Hace casi diez meses, al final de la comida colectiva de San Antón, cuando los dulzaineros de San Rafael interpretaron la canción “Que se ponga de pie”, me acerqué a la mesa de Marisa y Teodoro, y me senté al lado de mi quinto, antes de que llegara nuestro mes: “Quien haya nacido en septiembre, que se ponga de pie / que alce su copa llena de vino y beba hasta el final”. Teo y y nos levantamos al tiempo, cantamos en alto, con toda la cofradía, bebimos y nos abrazamos. La vida es eso, cuatro emociones mágicas, y poco más; también, hay que estar muy atentos para atraparlas; si te descuidas, esos momentos vuelan, y lo que se va no vuelve.
En estos últimos meses de dolor y espera, he revisado nuestra trayectoria juntos: de niños, jugábamos a las chapas y a las canicas en los jardines de la plaza del Ayuntamiento; crecimos inmersos en la cultura y las tradiciones espinariegas, y en ellas seguimos; estudiamos al tiempo el bachillerato por libre; nos contrataron como extras en un par de películas rodadas en el pueblo (¡qué risas!); fuimos quintos, de la misma cuadrilla; en aquella ardiente juventud, nos desparramamos juntos muchas noches, me contó sus caminos de peregrino a Santiago y me alentaba sin éxito a esa experiencia. Otras historias ya las conté.
Tan cerca te he sentido en estos cien días, que ahora te veo real ante mis ojos, con esa mueca burlona tan tuya: me ganabas al ajedrez y al billar, leías entre líneas y con guasa algunos pasajes de mis libros, veíamos crecer a nuestros respectivos hijos con ojos cómplices, recuperamos el sentimiento de grupo al lado de nuestros quintos, nos confesábamos el placer de nuestra nueva condición de abuelos, beber dos cervezas a tu lado era una fiesta; ante algún problema personal, siempre aparecía el bálsamo del otro, como la sangre a la herida… Sin duda, esto es amistad.
Eras un caminante consumado, te movías con autoridad por el monte y el campo, pero el 31 de julio un sol abrasador te retó en terreno desconocido, cuando más fuerte pegaba, hasta desorientarte en tu regreso a la morada familiar de Cilleruelo de San Mamés.

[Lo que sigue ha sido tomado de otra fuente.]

//! The row of boots: how many there were, and the last moments.
ghost use Rattle.std.specs.Prelude.{◌≡◌, ◌==◌, ◌&&◌, not, nat_le, IfOk};
ghost use Rattle.std.specs.Option.{is_some, option_map};
ghost use Rattle.apex_world.specs.Opened.{moments_at, boots_of, opened_boots};
ghost use Rattle.row_check.specs.RightRows.{are_boots, is_boots_row};

use apex_base::{Millis, byte_at, u32_at};
use row_key::boots_key;
use row_map::Rows;
use session_record::moment_at;
use std::alloc::{AllocError, Global};

/// Whether the bytes are so many moments.
fn are_moments(count: u8, bytes: &[u8]) -> bool
    ensures { result ≡ is_some (moments_at count bytes.now) }
{
    let mut rest = bytes;
    for _ in 0..count {
        match moment_at(rest) {
            Some((_, after)) => rest = after,
            None => return false,
        }
    }
    rest.is_empty()
}

/// There was a boot, and there are at most five moments.
fn is_count(boots: u32, moments: u8) -> bool
    ensures { result ≡ (not (boots == 0) && nat_le moments 5) }
{
    boots != 0 && moments <= 5
}

/// Whether a value spells boots as rows have them.
fn are_boots(value: &[u8]) -> bool
    ensures { result ≡ are_boots (boots_of value.now) }
{
    let Some((boots, rest)) = u32_at(value) else {
        return false;
    };
    let Some((count, after)) = byte_at(rest) else {
        return false;
    };
    is_count(boots, count) && are_moments(count, after)
}

/// Whether a row of tag 1 is right, by its key without the tag.
pub fn is_boots_row(key: &[u8], value: &[u8]) -> bool
    ensures { result ≡ is_boots_row key.now value.now }
{
    key.is_empty() && are_boots(value)
}

/// How many boots there were, and the last moments, the oldest first.
#[derive(Drop)]
pub struct Boots {
    pub count: u32,
    pub moments: Vec<Millis>,
}

/// So many moments, after which nothing follows.
fn moments_at(alloc: Global, count: u8, bytes: &[u8]) -> Result<Option<Vec<Millis>>, AllocError>
    ensures { IfOk result (λ found. option_map (λ moments. moments.items) found ≡ moments_at count bytes.now) }
{
    let mut moments = Vec::new(alloc);
    let mut rest = bytes;
    for _ in 0..count {
        let Some(found) = moment_at(rest) else {
            return Ok(None);
        };
        moments.push(found.0)?;
        rest = found.1;
    }
    if !rest.is_empty() {
        return Ok(None);
    }
    Ok(Some(moments))
}

#[tactic(auto, unfolding(apex_world::specs::Opened::boots_of))]
fn boots_of(alloc: Global, value: &[u8]) -> Result<Option<Boots>, AllocError>
    ensures { IfOk result (λ found. option_map (λ boots. (boots.count, boots.moments.items)) found
        ≡ boots_of value.now) }
{
    let Some((count, rest)) = u32_at(value) else {
        return Ok(None);
    };
    let Some((number, after)) = byte_at(rest) else {
        return Ok(None);
    };
    let Some(moments) = moments_at(alloc, number, after)? else {
        return Ok(None);
    };
    Ok(Some(Boots { count, moments }))
}

/// The boots of the world that the rows open to.
pub fn opened_boots(alloc: Global, rows: &Rows) -> Result<Boots, AllocError>
    ensures { IfOk result (λ boots. (boots.count, boots.moments.items) ≡ opened_boots rows.now) }
{
    if let Some(value) = rows.get(&boots_key()) {
        if let Some(boots) = boots_of(alloc, value)? {
            return Ok(boots);
        }
    }
    Ok(Boots {
        count: 0,
        moments: Vec::new(alloc),
    })
}
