//! Rows of files, by their keys alone: whether a session has the module as its own.
ghost use Rattle.std.specs.Prelude.{◌≡◌};
ghost use Rattle.std.specs.FinMap as fin;
ghost use Rattle.std.specs.List.{list_any};
ghost use Rattle.apex_base.specs.Held.{is_module};
ghost use Rattle.apex_base.specs.Sessions.{Ascend};
ghost use Rattle.row_check.specs.FileKeys.{is_file_key, is_file_at, are_files};
ghost use Rattle.row_check.specs.RightRows.{has_own};
ghost use Rattle.row_key.specs.RowBytes.{FitRows};

use apex_base::{FilePath, Part, Record, SessionId, is_module, session_of};
use row_key::{FILE, file_at, known_bytes};
use row_map::Rows;

/// Whether each row of tag 5 has the key of a file of a module that a session has as its own.
pub(crate) fn are_files(rows: &Rows, sessions: &[Record]) -> bool
    requires { Ascend sessions.now }
    ensures files { result ≡ are_files sessions.now (fin.entries rows.now) }
    ensures fits { FitRows (fin.entries rows.now) }
{
    let mut right = true;
    for (key, value) in rows.by_key() {
        known_bytes(key.as_slice(), value.as_slice());
        right = right && is_file_at(key.as_slice(), sessions);
    }
    right
}

/// Whether a row is of another tag, or has such a key.
fn is_file_at(key: &[u8], sessions: &[Record]) -> bool
    requires { Ascend sessions.now }
    ensures { result ≡ is_file_at sessions.now key.now }
{
    match key {
        [tag, rest @ ..] if *tag == FILE => is_file_key(rest, sessions),
        _ => true,
    }
}

fn is_file_key(key: &[u8], sessions: &[Record]) -> bool
    requires { Ascend sessions.now }
    ensures { result ≡ is_file_key sessions.now key.now }
{
    let Some(file) = file_at(key) else {
        return false;
    };
    FilePath::read(file.path).is_some() && has_own(sessions, file.session, file.part)
}

/// Whether a session has the module that it submitted as this part as the target of one of its parts.
fn has_own(sessions: &[Record], id: SessionId, part: u32) -> bool
    requires { Ascend sessions.now }
    ensures { result ≡ has_own sessions.now id part }
{
    match session_of(sessions, u64::from(id.0)) {
        Some(r) => is_own(r.parts.as_slice(), id, part),
        None => false,
    }
}

fn is_own(parts: &[Part], id: SessionId, part: u32) -> bool
    ensures { result ≡ list_any (λ p. is_module id part p.target) parts.now }
{
    parts.iter().any(|p| is_module(id, part, p.target))
}
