//! Rows of names and of files, which depend on the sessions.
ghost use Rattle.std.specs.Prelude.{◌≡◌, ◌&&◌, not, IfOk};
ghost use Rattle.apex_world.specs.Opened.{opened_sessions};
ghost use Rattle.row_check.specs.SettledTags.{Tells, changes_tag};

use crate::files::are_files;
use apex_base::Record;
use package_store::{rows_are_those_shown, settle};
use row_codec::Row;
use row_key::{ACTIVE, BACKUP, FILE, has_tag};
use row_map::Rows;
use std::alloc::{AllocError, Global};

/// Which of the rows of names and of files are those of the world that all rows open to.
#[derive(Clone, Copy)]
pub struct SettledTags {
    /// Tag 3: the targets that names hold.
    pub active: bool,
    /// Tag 4: the targets that names held before.
    pub backup: bool,
    /// Tag 5: the files of modules that are kept.
    pub files: bool,
}

/// Judges the rows of names and of files, by the sessions that the rows open to (`opened_sessions`).
pub fn settled_tags(
    alloc: Global,
    rows: &Rows,
    sessions: &[Record],
) -> Result<SettledTags, AllocError>
    requires { sessions.now ≡ opened_sessions rows.now }
    ensures active { IfOk result (λ tags. Tells rows.now 3 tags.active) }
    ensures backup { IfOk result (λ tags. Tells rows.now 4 tags.backup) }
    ensures files { IfOk result (λ tags. Tells rows.now 5 tags.files) }
{
    rows_are_those_shown();
    let own = are_files(rows, sessions);
    let changes = settle(alloc, rows.by_key(), sessions)?;
    Ok(SettledTags {
        active: !changes_tag(&changes, ACTIVE),
        backup: !changes_tag(&changes, BACKUP),
        files: are_right_files(&changes, own),
    })
}

/// Whether no file's row has to go, since its module is kept, and each is one of a session's own module.
fn are_right_files(changes: &[Row], own: bool) -> bool
    ensures { result ≡ (not (changes_tag 5 changes.now) && own) }
{
    !changes_tag(changes, FILE) && own
}

/// Whether a change is one of a row of this tag.
fn changes_tag(changes: &[Row], tag: u8) -> bool
    ensures { result ≡ changes_tag tag changes.now }
{
    changes
        .iter()
        .any(|change| has_tag(change.key.as_slice(), tag))
}
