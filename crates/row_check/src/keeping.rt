//! Which sessions keep values, of which names.
ghost use Rattle.std.specs.Prelude.{◌≡◌};
ghost use Rattle.apex_base.specs.Sessions.{names, Ascend};
ghost use Rattle.apex_world.specs.Rows.{has_snapshot, has_pre_restore, may_happen};
ghost use Rattle.row_check.specs.KeptRows.{keeps};
ghost use Rattle.row_key.specs.Kept.{IsKeptTag};

use apex_base::{Record, RollbackState, SessionId, session_of};
use row_key::SNAPSHOT;

/// Whether a part of the session has the name.
pub(crate) fn has_name(r: &Record, name: &[u8]) -> bool
    ensures { result ≡ names name.now r.now }
{
    r.parts.as_slice().iter().any(|p| p.name.as_bytes() == name)
}

/// Whether a session keeps values under this tag.
pub(crate) fn keeps(sessions: &[Record], tag: u8, r: &Record) -> bool
    requires ascend { Ascend sessions.now }
    requires tag { IsKeptTag tag }
    ensures { result ≡ keeps sessions.now tag r.now }
{
    if tag == SNAPSHOT {
        has_snapshot(sessions, r)
    } else {
        has_pre_restore(r)
    }
}

fn has_snapshot(sessions: &[Record], r: &Record) -> bool
    requires { Ascend sessions.now }
    ensures { result ≡ has_snapshot sessions.now r.now }
{
    r.kind.rolls_back() && r.activation != 0 && may_happen(sessions, r.id, r.rollback)
}

fn has_pre_restore(r: &Record) -> bool
    ensures { result ≡ has_pre_restore r.now }
{
    r.kind.undoes() && r.state.is_undoable()
}

/// Whether a rollback may still happen.
fn may_happen(sessions: &[Record], id: SessionId, rollback: Option<RollbackState>) -> bool
    requires { Ascend sessions.now }
    ensures { result ≡ may_happen sessions.now id rollback }
{
    match rollback {
        None => false,
        Some(RollbackState::Enabling) => true,
        Some(RollbackState::Available) => true,
        Some(RollbackState::Committed) => match session_of(sessions, id.rollback_number()) {
            Some(r) => r.state.is_staged(),
            None => false,
        },
        Some(RollbackState::Deleted) => false,
    }
}
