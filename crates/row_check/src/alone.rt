//! Rows of the tags that stand for themselves: boots, sessions, data and watches, and tags that no key has.
ghost use Rattle.std.specs.Prelude.{◌≡◌, true, false, IfOk, OnOk};
ghost use Rattle.std.specs.FinMap as fin;
ghost use Rattle.apex_base.specs.declared.numbers.Scale.{Scale};
ghost use Rattle.row_check.specs.BadRows.{AgreesAt, DiffersAt};
ghost use Rattle.row_check.specs.RightRows.{StandsAlone, WrongRow, is_right_row, is_right_at, are_right_at};
ghost use Rattle.row_key.specs.RowBytes.{FitRow, FitRows};

use crate::boots::is_boots_row;
use crate::watches::is_watch_row;
use row_key::{BOOTS, DATA, RECORD, WATCH, is_data_row, record_in_row};
use row_map::Rows;
use std::alloc::{AllocError, Global};

fn is_right_row(alloc: Global, tag: u8, key: &[u8], value: &[u8]) -> Result<bool, AllocError>
    ensures { IfOk result (λ right. right ≡ is_right_row tag key.now value.now) }
{
    match tag {
        BOOTS => Ok(is_boots_row(key, value)),
        RECORD => {
            let found = record_in_row(alloc, key, value)?;
            Ok(found.is_some())
        }
        DATA => Ok(is_data_row(key)),
        WATCH => Ok(is_watch_row(key, value)),
        _ => Ok(false),
    }
}

/// Whether a row is of another tag, or right.
fn is_right_at(alloc: Global, tag: u8, key: &[u8], value: &[u8]) -> Result<bool, AllocError>
    ensures right { IfOk result (λ right. right ≡ is_right_at tag key.now value.now) }
    ensures fits { FitRow (key.now, value.now) }
{
    match key {
        [first, rest @ ..] if *first == tag => is_right_row(alloc, tag, rest, value),
        _ => Ok(true),
    }
}

/// Whether each row of this tag is right.
fn are_right_at(alloc: Global, tag: u8, rows: &Rows) -> Result<bool, AllocError>
    ensures right { IfOk result (λ right. right ≡ true
        → FitRows (fin.entries rows.now) × (are_right_at tag (fin.entries rows.now) ≡ true)) }
    ensures wrong { IfOk result (λ right. right ≡ false → WrongRow tag (fin.entries rows.now)) }
{
    for (key, value) in rows.by_key() {
        if !is_right_at(alloc, tag, key.as_slice(), value.as_slice())? {
            return Ok(false);
        }
    }
    Ok(true)
}

/// Whether the rows of this tag are those of the world that the rows open to.
pub fn is_right_alone(alloc: Global, tag: u8, rows: &Rows) -> Result<bool, AllocError>
    // The tags of boots, sessions, data and watches, and those that no key has.
    requires { StandsAlone tag }
    ensures right { IfOk result (λ right. right ≡ true → (scale : Scale) → AgreesAt rows.now scale tag) }
    ensures wrong { IfOk result (λ right. right ≡ false → (scale : Scale) → DiffersAt rows.now scale tag) }
{
    are_right_at(alloc, tag, rows)
}
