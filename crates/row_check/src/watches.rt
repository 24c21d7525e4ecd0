//! Rows of watches.
ghost use Rattle.std.specs.Prelude.{◌≡◌};
ghost use Rattle.std.specs.Option.{is_some};
ghost use Rattle.apex_world.specs.Opened.{end_of};
ghost use Rattle.row_check.specs.RightRows.{is_watch_row};

use apex_base::u64_at;
use row_key::is_data_row;

/// Whether a row of tag 9 is right, by its key without the tag.
pub fn is_watch_row(key: &[u8], value: &[u8]) -> bool
    ensures { result ≡ is_watch_row key.now value.now }
{
    is_data_row(key) && is_end(value)
}

#[tactic(auto, unfolding(apex_world::specs::Opened::end_of))]
fn is_end(value: &[u8]) -> bool
    ensures { result ≡ is_some (end_of value.now) }
{
    match u64_at(value) {
        Some((_, rest)) => rest.is_empty(),
        None => false,
    }
}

Ese día la temperatura superó los 40 grados en el entorno de Moral de Hornuez. Mucho calor en un páramo tan extenso, sin sombra donde cobijarte. Tras el desenlace, entiendo que caminaste errante durante varios kilómetros, sin rumbo, hasta que el sol te derrotó, sin piedad. El hombre ante la naturaleza. Podemos dominar al camino, pero no al sol. Aún no hemos terminado de contar cadáveres por la Dana de Valencia. Hace cosa de tres mil años, Salomón sentenció con frase bíblica que no había nada nuevo bajo el sol.
Ya llega San Antón. El 17 de enero será la comida de la cofradía; al llegar el turno de los nacidos en septiembre, levantaré mi copa y beberé en tu memoria, querido amigo. También te tendré presente en el Portalón, cuando el Caloco baje al pueblo, en septiembre, y evocaré que llevabas una medalla de nuestro Cristo, colgada de tu cuello, el día que, por fin, un samaritano te encontró, cerca de Maderuelo.
Alumbrados por el tesón de tu familia, cada uno hemos hecho lo que nos correspondía: buscarte, llorar y esperar. Ya podemos descansar en paz. En adelante, te recordaremos con cariño. Hay que seguir caminando.